Matthew 21: 18 In the morning, as he was returning to the city, he became hungry. 19 And seeing a fig tree by the wayside, he went to it and found nothing on it but only leaves. And he said to it, “May no fruit ever come from you again!” And the fig tree withered at once. When the disciples saw it, they marveled, saying, “How did the fig tree wither at once?” 21 And Jesus answered them, “Truly, I say to you, if you have faith and do not doubt, you will do… what has been done to the fig tree,”
Since there is an age yet to come which has not yet come, we live by faith.
But Peter Leithart (Against Christianity, p 75) scolds sola folks for resisting ritual gestures.
“First, a spiritualizing reading of redemptive history. ‘When Jesus removed the special status of Jerusalem as the place where God was to be worshiped, he abolished all the material forms that constituted the typological OT system.’ (Terry Johnson, p 157, in With Reverence and Awe, ed Hart and Muether).”

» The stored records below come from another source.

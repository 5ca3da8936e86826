//! A script's index, desk and staged writes.

ghost use Rattle.std.specs.Prelude.{◌≡◌, ◌+◌, ◌<◌, ◌^◌, [], ℕ, List, IfOk, OnOk};
ghost use Rattle.std.specs.Option.{option_copied};
ghost use Rattle.std.specs.String.{string_bytes};
ghost use Rattle.std.specs.Ordering.{nat_cmp};
ghost use Rattle.local_index.specs.Desk.{Step, CommitStep};
ghost use Rattle.version_views.specs.Sizes.{IsStoreSized};
ghost use Rattle.local_index.specs.State.{HasNoSession};
ghost use Rattle.index_script.specs.Lines.{kept};
ghost use Rattle.index_script.specs.Inside.{IsNoCommit, writes_given_back};
ghost use Rattle.index_script.specs.Script.{Script, ActsOnLine, Discards, Meets, Plays, Stages, fresh_script};

use crate::reply::{write_discarded, write_fault, write_reply, write_staged};
use crate::request::{Request, read_line};
use local_index::{Desk, DeskCall, DeskReply, LocalIndex, ReadSet, Text, Write, play_one};
use std::alloc::{AllocError, Global};
use std::marker::Model;
use std::mem;

/// What the lines of a script act on: an index, the sessions that they opened, by label, and the
/// writes that they staged. It must be consumed by [`end`](Script::end).
pub struct Script<const S: usize> {
    alloc: Global,
    index: LocalIndex<u64, Text, S>,
    desk: Desk<u64, Text>,
    staged: Vec<Write<u64, Text>>,
    line: u64,
}

/// Invariant: `local_index`'s specs/Desk.antt, Serves and KeepsAll: each session of the desk is open, and each open one is
/// at the desk.
impl<const S: usize> Model for Script<S> {
    ghost use Rattle.local_index.specs.Desk.{Serves, KeepsAll};
    ghost use Rattle.index_script.specs.Script.{Script};

    ghost Value = { Script };

    ghost view = { λ s. record { machine = record { index = s.index; desk = s.desk }; staged = s.staged.items; line = s.line } };

    ghost invariant = { λ s. Serves (record { index = s.index; desk = s.desk }) × KeepsAll (record { index = s.index; desk = s.desk }) };
}

impl<const S: usize> Script<S> {
    /// A script before its first line, on an empty index. Fails only if an allocation fails.
    pub fn new(alloc: Global, places: usize, slots: usize) -> Result<Self, AllocError>
        requires { IsStoreSized places slots S }
        ensures { IfOk result (λ script. script ≡ fresh_script places slots) }
    {
        let index = LocalIndex::new(alloc, places, slots)?;
        match Desk::new(alloc, places) {
            Ok(desk) => Ok(Script {
                alloc,
                index,
                desk,
                staged: Vec::new(alloc),
                line: 0,
            }),
            Err(refused) => {
                end_index(index);
                Err(refused)
            }
        }
    }

    /// Acts on the next line, given by its bytes, or by none where it is longer than it may be, and
    /// leaves its reply as the text. Fails only if an allocation fails; a line at fault allocates nothing
    /// if the text has room for [`LONGEST_FAULT`](crate::reply::LONGEST_FAULT) bytes.
    pub fn act(&mut self, line: Option<&[u8]>, text: &mut String) -> Result<(), AllocError>
        requires { self.old.line + 1 < 2 ^ 64 }
        ensures ok { OnOk result ((whole : List ℕ) → option_copied line.entry ≡ kept whole → ActsOnLine S self.old whole (string_bytes text.new) self.new) }
        ensures counted { OnOk result (self.new.line ≡ self.old.line + 1) }
    {
        text.clear();
        let request = read_line(self.alloc, line)?;
        self.line += 1;
        self.meet(request, text)
    }

    /// Closes what the script opened, and ends its index.
    pub fn end(self) {
        let Script {
            alloc: _,
            mut index,
            desk,
            staged: _,
            line: _,
        } = self;
        desk.end(&mut index);
        end_index(index);
    }

    // Does what a line asks for.
    fn meet(&mut self, request: Request, text: &mut String) -> Result<(), AllocError>
        requires { string_bytes text.old ≡ [] }
        ensures ok { OnOk result (Meets S self.old request (string_bytes text.new) self.new) }
        ensures line { self.new.line ≡ self.old.line }
    {
        match request {
            Request::Insert(key, value) => self.stage(Write::Insert(key, value), text),
            Request::Upsert(key, value) => self.stage(Write::Upsert(key, value), text),
            Request::Remove(key) => self.stage(Write::Remove(key), text),
            Request::Delete(lower, upper) => self.stage(Write::RemoveRange(lower, upper), text),
            Request::Clear => self.stage(Write::Clear, text),
            Request::Discard => self.discard(text),
            Request::Commit(None) => self.commit(ReadSet::Empty, text),
            Request::Commit(Some(label)) => self.commit(ReadSet::Session(label), text),
            Request::Open(label) => self.call(label, DeskCall::Open(label), text),
            Request::Get(label, key) => self.call(label, DeskCall::Get(label, key), text),
            Request::Has(label, key) => self.call(label, DeskCall::Contains(label, key), text),
            Request::Range(label, lower, upper) => {
                self.call(label, DeskCall::Range(label, lower, upper), text)
            }
            Request::Near(label, key) => self.call(label, DeskCall::Locate(label, key), text),
            Request::Audit(label) => self.call(
                label,
                DeskCall::Audit(ReadSet::Session(label)),
                text,
            ),
            Request::Close(label) => self.call(label, DeskCall::Close(label), text),
            Request::Len(label) => self.call(label, DeskCall::Len(label), text),
            Request::Number(label) => self.call(label, DeskCall::Number(label), text),
            Request::Reclaim => self.call(0, DeskCall::Reclaim, text),
            Request::Slots => self.call(0, DeskCall::Slots, text),
            Request::Checkpoint(upto) => self.call(0, DeskCall::Checkpoint(upto), text),
            Request::Faulty(fault) => write_fault(text, self.line, fault),
        }
    }

    fn stage(&mut self, write: Write<u64, Text>, text: &mut String) -> Result<(), AllocError>
        requires { string_bytes text.old ≡ [] }
        ensures ok { OnOk result (Stages self.old write (string_bytes text.new) self.new) }
        ensures line { self.new.line ≡ self.old.line }
    {
        self.staged.push(write)?;
        write_staged(text, self.staged.len())
    }

    fn discard(&mut self, text: &mut String) -> Result<(), AllocError>
        requires { string_bytes text.old ≡ [] }
        ensures ok { OnOk result (Discards self.old (string_bytes text.new) self.new) }
        ensures line { self.new.line ≡ self.old.line }
    {
        write_discarded(text, self.staged.len())?;
        self.staged.clear();
        Ok(())
    }

    // Makes a call that isn't a commit.
    fn call(
        &mut self,
        label: u64,
        call: DeskCall<u64, Text>,
        text: &mut String,
    ) -> Result<(), AllocError>
        requires call { IsNoCommit call }
        requires empty { string_bytes text.old ≡ [] }
        ensures ok { OnOk result (Plays self.old label (Step nat_cmp S self.old.machine call) (string_bytes text.new) self.new) }
        ensures line { self.new.line ≡ self.old.line }
    {
        let reply = self.play(call)?;
        write_reply(text, self.line, label, &reply)?;
        Ok(())
    }

    // Commits what is staged.
    fn commit(&mut self, on: ReadSet<u64, Text>, text: &mut String) -> Result<(), AllocError>
        requires { string_bytes text.old ≡ [] }
        ensures ok { OnOk result (Plays self.old 0 (CommitStep nat_cmp S self.old.machine on self.old.staged) (string_bytes text.new) self.new) }
        ensures line { self.new.line ≡ self.old.line }
    {
        let writes = mem::replace(&mut self.staged, Vec::new(self.alloc));
        let reply = self.play(DeskCall::Commit(on, writes))?;
        write_reply(text, self.line, 0, &reply)?;
        self.take_back(reply);
        Ok(())
    }

    // Makes one call.
    fn play(&mut self, call: DeskCall<u64, Text>) -> Result<DeskReply<u64, Text>, AllocError>
        ensures step { IfOk result (λ reply. Step nat_cmp S self.old.machine call reply self.new.machine) }
        ensures staged { self.new.staged ≡ self.old.staged }
        ensures line { self.new.line ≡ self.old.line }
    {
        play_one(self.alloc, &mut self.index, &mut self.desk, call)
    }

    // Stages again what a refused commit gives back.
    fn take_back(&mut self, reply: DeskReply<u64, Text>)
        ensures machine { self.new.machine ≡ self.old.machine }
        ensures staged { self.new.staged ≡ writes_given_back reply self.old.staged }
        ensures line { self.new.line ≡ self.old.line }
    {
        match reply {
            DeskReply::Refused(refused) => self.staged = refused.writes,
            DeskReply::NoSession(writes) => self.staged = writes,
            _ => {}
        }
    }
}

// Ends an index without sessions.
fn end_index<const S: usize>(index: LocalIndex<u64, Text, S>)
    requires { HasNoSession index }
{
    match index.close() {
        Ok(()) => {}
        Err(_index) => unreachable!(),
    }
}
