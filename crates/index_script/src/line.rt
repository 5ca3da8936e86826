//! Lines, as their bytes are read.

ghost use Rattle.std.specs.Prelude.{◌≡◌, ◌++◌, ◌∷◌, [], None, Some, List, ℕ, IfSome, IfNone, OnOk, IsTrue, ◌↔◌};
ghost use Rattle.std.specs.Option.{option_map};
ghost use Rattle.index_script.specs.Lines.{Lacks, kept};

use std::alloc::{AllocError, Global};
use std::marker::Model;

/// How many bytes a line may have, without its LF.
pub const LONGEST: usize = 65_536;

/// What was read of a line so far. Contracts see it as the bytes, or as none where they are more than a
/// line may have: then they aren't kept.
#[derive(Drop)]
pub struct Begun {
    bytes: Vec<u8>,
    long: bool,
}

/// Invariant: what is begun has at most 65,536 bytes.
impl Model for Begun {
    ghost use Rattle.std.specs.Prelude.{List, Option, ℕ, cond, None, Some, length, ◌≤◌};

    ghost Value = { Option (List ℕ) };

    ghost view = { λ b. cond b.long None (Some b.bytes.items) };

    ghost invariant = { λ b. length b.bytes.items ≤ 65536 };
}

impl Begun {
    /// A line of which nothing was read yet.
    pub fn new(alloc: Global) -> Self
        ensures { result ≡ kept [] }
    {
        Begun {
            bytes: Vec::new(alloc),
            long: false,
        }
    }

    /// Adds what comes next. Fails only if an allocation fails; a line that is longer than it may be
    /// allocates nothing.
    pub fn extend(&mut self, part: &[u8]) -> Result<(), AllocError>
        ensures { OnOk result ((line : List ℕ) → self.old ≡ kept line → self.new ≡ kept (line ++ part.now)) }
    {
        if self.long {
            return Ok(());
        }
        if part.len() > LONGEST - self.bytes.len() {
            self.long = true;
            self.bytes.clear();
            return Ok(());
        }
        self.bytes.extend_from_slice(part)
    }

    /// Begins another line, in the memory of this one.
    pub fn clear(&mut self)
        ensures { self.new ≡ kept [] }
    {
        self.bytes.clear();
        self.long = false;
    }

    /// The bytes, but of a line that is longer than it may be.
    pub fn bytes(&self) -> Option<&[u8]>
        ensures { option_map (λ b. b.now) result ≡ self.now }
    {
        if self.long {
            None
        } else {
            Some(self.bytes.as_slice())
        }
    }

    /// Whether nothing was read yet.
    pub fn is_empty(&self) -> bool
        ensures { IsTrue result ↔ (self.now ≡ kept []) }
    {
        !self.long && self.bytes.is_empty()
    }
}

/// The bytes before the first LF, and the bytes behind it.
pub fn split_line(bytes: &[u8]) -> Option<(&[u8], &[u8])>
    ensures some { IfSome result (λ parts. (bytes.now ≡ parts.0.now ++ 10 ∷ parts.1.now) × Lacks 10 parts.0.now) }
    ensures none { IfNone result (Lacks 10 bytes.now) }
{
    let at = bytes.iter().position(|byte| *byte == b'\n')?;
    Some((&bytes[..at], &bytes[at + 1..]))
}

“Second, Israel’s prophets inveighed against empty formalism, and some conclude that from this that the prophets condemned ritual as such.”
“Third, the Reformers taught that the Word has priority over the Sacraments. Salvation comes by hearing the Word with faith, not by believing adherence to the sacramental system of the church. Sacraments are an appendix to the faith.”
“Finally, privatization. Religion is a matter of ideology, ideas and belief. Public rituals can be faked, and so those who tie religion to public rituals tempt us to be hypocrites.”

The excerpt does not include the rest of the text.